In the entries below, find every line holding the string "many" and collect it.

▶ **Provided data**:
★ ★ ★ ★ ★ ★ ★
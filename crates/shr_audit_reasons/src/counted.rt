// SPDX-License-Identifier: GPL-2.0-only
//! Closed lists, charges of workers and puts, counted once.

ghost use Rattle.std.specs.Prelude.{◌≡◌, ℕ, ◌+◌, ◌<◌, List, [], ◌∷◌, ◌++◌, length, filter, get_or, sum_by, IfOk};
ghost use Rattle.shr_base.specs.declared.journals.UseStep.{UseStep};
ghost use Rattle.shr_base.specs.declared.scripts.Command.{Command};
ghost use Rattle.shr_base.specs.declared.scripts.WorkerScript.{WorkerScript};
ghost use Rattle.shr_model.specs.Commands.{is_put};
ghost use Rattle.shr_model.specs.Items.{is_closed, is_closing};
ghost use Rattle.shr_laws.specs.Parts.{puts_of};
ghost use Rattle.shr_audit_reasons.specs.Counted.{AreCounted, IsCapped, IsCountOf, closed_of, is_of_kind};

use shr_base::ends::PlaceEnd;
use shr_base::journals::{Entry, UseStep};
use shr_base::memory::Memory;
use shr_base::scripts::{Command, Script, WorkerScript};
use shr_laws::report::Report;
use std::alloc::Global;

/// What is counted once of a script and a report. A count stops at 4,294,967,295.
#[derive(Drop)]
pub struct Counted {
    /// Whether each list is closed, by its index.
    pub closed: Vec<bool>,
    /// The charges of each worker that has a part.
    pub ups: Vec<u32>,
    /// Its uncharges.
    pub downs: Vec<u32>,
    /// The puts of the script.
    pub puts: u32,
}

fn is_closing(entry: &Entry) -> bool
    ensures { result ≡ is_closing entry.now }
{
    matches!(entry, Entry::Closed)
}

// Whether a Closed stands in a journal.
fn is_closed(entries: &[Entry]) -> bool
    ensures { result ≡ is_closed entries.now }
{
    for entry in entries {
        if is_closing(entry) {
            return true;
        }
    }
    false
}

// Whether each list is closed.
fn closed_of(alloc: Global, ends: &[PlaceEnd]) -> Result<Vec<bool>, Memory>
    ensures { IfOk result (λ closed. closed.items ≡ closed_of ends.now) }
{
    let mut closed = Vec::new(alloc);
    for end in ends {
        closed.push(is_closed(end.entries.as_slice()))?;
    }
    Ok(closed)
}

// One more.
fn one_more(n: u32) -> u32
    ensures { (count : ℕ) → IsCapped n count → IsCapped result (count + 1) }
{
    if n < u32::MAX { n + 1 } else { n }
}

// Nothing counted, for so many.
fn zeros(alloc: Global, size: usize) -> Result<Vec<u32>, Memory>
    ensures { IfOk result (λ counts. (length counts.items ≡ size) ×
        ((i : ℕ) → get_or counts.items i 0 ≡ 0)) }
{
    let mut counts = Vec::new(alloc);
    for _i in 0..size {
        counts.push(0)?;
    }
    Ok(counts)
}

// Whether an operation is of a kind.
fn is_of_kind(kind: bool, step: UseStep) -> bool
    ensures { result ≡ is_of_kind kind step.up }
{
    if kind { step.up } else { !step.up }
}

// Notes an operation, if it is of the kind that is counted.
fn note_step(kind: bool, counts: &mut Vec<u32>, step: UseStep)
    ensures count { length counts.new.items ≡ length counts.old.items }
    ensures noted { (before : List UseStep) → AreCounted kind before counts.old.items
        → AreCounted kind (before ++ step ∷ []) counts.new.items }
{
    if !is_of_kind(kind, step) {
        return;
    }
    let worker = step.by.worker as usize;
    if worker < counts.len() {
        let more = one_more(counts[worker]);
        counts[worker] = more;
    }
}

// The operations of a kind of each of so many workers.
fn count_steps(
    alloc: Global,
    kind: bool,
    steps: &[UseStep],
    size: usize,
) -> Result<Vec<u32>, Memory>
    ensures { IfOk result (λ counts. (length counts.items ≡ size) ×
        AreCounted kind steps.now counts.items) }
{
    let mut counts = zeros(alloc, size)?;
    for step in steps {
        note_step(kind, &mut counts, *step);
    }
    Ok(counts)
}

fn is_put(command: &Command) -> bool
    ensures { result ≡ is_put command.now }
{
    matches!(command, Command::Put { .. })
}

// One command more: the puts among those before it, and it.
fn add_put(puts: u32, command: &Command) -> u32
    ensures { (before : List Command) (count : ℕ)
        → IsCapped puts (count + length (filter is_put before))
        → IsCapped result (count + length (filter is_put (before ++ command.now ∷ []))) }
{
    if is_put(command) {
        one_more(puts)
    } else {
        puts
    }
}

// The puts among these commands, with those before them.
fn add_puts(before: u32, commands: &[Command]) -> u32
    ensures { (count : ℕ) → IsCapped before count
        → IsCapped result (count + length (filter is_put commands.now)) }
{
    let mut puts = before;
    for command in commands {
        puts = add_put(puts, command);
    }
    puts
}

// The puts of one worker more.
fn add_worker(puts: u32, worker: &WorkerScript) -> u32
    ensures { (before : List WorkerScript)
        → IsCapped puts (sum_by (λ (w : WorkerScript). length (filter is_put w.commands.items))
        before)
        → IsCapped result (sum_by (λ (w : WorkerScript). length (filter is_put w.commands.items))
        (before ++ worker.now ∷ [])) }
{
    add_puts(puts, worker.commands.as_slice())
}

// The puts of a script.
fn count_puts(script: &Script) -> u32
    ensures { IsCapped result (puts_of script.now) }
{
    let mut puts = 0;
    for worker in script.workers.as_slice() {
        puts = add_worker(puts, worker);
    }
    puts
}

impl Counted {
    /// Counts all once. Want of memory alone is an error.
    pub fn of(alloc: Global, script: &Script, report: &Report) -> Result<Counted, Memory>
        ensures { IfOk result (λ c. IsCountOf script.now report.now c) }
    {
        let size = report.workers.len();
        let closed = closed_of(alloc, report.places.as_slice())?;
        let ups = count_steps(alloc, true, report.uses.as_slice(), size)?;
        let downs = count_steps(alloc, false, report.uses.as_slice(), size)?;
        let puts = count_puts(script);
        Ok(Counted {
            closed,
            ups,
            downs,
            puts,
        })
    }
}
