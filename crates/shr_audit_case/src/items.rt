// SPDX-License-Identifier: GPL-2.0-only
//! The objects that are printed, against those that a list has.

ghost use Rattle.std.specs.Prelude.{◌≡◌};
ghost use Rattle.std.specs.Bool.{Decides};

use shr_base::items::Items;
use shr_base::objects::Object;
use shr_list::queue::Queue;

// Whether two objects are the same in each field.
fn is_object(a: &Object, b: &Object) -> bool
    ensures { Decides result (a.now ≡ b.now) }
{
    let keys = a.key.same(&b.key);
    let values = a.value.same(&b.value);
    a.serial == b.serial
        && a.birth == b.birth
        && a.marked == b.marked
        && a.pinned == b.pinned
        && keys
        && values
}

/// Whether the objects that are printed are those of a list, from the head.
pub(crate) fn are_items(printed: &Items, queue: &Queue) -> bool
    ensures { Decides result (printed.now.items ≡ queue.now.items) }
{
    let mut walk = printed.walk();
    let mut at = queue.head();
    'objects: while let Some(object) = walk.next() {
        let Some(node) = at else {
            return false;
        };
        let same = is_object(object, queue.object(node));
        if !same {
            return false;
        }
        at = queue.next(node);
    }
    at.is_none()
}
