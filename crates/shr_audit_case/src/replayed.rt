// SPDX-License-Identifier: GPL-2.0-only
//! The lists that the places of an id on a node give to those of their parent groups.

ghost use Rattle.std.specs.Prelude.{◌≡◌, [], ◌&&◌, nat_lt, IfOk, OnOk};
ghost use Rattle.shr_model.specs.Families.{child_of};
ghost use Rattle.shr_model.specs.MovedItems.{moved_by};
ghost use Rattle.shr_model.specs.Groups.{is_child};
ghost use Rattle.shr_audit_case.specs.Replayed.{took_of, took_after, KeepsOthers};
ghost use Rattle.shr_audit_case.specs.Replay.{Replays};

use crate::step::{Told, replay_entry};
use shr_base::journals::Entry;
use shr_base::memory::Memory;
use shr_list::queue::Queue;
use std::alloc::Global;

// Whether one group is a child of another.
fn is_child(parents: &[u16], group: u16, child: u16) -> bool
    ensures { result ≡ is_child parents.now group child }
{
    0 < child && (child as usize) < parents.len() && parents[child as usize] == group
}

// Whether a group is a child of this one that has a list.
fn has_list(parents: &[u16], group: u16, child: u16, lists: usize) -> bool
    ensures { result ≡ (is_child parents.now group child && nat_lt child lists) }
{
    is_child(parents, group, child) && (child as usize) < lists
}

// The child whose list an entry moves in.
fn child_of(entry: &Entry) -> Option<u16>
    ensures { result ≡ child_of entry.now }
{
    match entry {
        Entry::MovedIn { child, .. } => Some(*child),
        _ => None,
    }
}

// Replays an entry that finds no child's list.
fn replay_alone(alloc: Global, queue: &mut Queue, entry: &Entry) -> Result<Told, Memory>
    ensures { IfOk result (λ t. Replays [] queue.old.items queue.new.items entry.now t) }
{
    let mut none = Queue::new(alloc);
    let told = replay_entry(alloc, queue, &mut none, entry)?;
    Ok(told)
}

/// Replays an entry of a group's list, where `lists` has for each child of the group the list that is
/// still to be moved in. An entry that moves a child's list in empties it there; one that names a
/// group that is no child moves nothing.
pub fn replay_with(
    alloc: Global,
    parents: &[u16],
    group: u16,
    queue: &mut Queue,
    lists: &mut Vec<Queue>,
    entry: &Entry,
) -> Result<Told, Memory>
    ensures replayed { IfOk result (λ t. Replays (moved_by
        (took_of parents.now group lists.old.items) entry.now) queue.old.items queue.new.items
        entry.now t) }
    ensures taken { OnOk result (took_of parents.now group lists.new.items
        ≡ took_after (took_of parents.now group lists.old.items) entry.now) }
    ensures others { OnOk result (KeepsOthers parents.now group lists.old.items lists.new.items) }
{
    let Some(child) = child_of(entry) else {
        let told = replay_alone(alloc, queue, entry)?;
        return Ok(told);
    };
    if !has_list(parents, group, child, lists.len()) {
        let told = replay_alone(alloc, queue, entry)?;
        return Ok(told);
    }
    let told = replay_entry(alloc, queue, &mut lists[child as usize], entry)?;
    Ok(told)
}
★ ★ ★ ★ ★ ★ ★
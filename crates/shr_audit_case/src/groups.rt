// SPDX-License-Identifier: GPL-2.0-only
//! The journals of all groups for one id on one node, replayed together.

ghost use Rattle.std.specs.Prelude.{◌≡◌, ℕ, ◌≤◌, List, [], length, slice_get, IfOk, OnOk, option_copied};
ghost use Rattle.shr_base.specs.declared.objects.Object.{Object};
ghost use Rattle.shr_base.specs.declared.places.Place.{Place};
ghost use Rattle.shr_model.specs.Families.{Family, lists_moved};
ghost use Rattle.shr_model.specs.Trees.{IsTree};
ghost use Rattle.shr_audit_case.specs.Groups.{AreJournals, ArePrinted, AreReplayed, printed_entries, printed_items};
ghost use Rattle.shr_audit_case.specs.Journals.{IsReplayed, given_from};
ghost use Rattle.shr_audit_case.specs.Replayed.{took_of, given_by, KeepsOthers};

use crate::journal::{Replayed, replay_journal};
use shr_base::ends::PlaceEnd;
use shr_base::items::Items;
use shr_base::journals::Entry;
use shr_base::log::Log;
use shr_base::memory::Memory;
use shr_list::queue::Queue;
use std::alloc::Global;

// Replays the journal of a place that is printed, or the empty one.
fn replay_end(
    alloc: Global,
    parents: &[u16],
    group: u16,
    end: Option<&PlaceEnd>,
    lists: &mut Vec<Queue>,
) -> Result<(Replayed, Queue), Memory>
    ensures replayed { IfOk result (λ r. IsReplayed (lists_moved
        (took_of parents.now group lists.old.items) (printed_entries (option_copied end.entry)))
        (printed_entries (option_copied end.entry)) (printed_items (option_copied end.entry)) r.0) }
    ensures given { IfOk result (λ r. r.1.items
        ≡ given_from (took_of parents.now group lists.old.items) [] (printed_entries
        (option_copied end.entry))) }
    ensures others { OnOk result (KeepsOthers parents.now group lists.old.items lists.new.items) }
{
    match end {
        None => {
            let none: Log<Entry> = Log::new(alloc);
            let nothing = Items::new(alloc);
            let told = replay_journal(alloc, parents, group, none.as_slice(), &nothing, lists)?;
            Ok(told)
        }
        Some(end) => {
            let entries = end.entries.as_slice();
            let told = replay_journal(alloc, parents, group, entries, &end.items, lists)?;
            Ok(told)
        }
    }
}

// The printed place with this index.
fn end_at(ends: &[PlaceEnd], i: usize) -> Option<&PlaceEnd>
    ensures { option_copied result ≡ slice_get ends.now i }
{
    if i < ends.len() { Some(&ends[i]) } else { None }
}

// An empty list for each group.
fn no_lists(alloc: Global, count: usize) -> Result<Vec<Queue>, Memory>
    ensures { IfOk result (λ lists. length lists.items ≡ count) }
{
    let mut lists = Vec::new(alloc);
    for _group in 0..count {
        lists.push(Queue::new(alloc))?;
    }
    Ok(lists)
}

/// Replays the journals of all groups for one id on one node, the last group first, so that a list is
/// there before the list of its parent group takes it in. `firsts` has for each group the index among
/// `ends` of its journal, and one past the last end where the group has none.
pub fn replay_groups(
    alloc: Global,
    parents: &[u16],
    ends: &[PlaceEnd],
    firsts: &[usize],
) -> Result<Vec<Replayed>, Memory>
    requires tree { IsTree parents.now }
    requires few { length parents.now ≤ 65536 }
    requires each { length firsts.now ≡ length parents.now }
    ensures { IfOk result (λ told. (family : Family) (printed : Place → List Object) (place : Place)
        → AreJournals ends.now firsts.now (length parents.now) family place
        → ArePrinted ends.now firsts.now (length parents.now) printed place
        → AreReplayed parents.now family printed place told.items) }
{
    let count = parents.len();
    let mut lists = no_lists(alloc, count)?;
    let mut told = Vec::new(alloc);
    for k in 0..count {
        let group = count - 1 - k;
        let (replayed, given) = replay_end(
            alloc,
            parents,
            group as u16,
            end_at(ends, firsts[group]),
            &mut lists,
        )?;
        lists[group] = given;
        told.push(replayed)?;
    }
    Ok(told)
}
★ ★ ★ ★ ★ ★ ★
▶ **Answer below**:
// Nothing counted, for so many.
// The operations of a kind of each of so many workers.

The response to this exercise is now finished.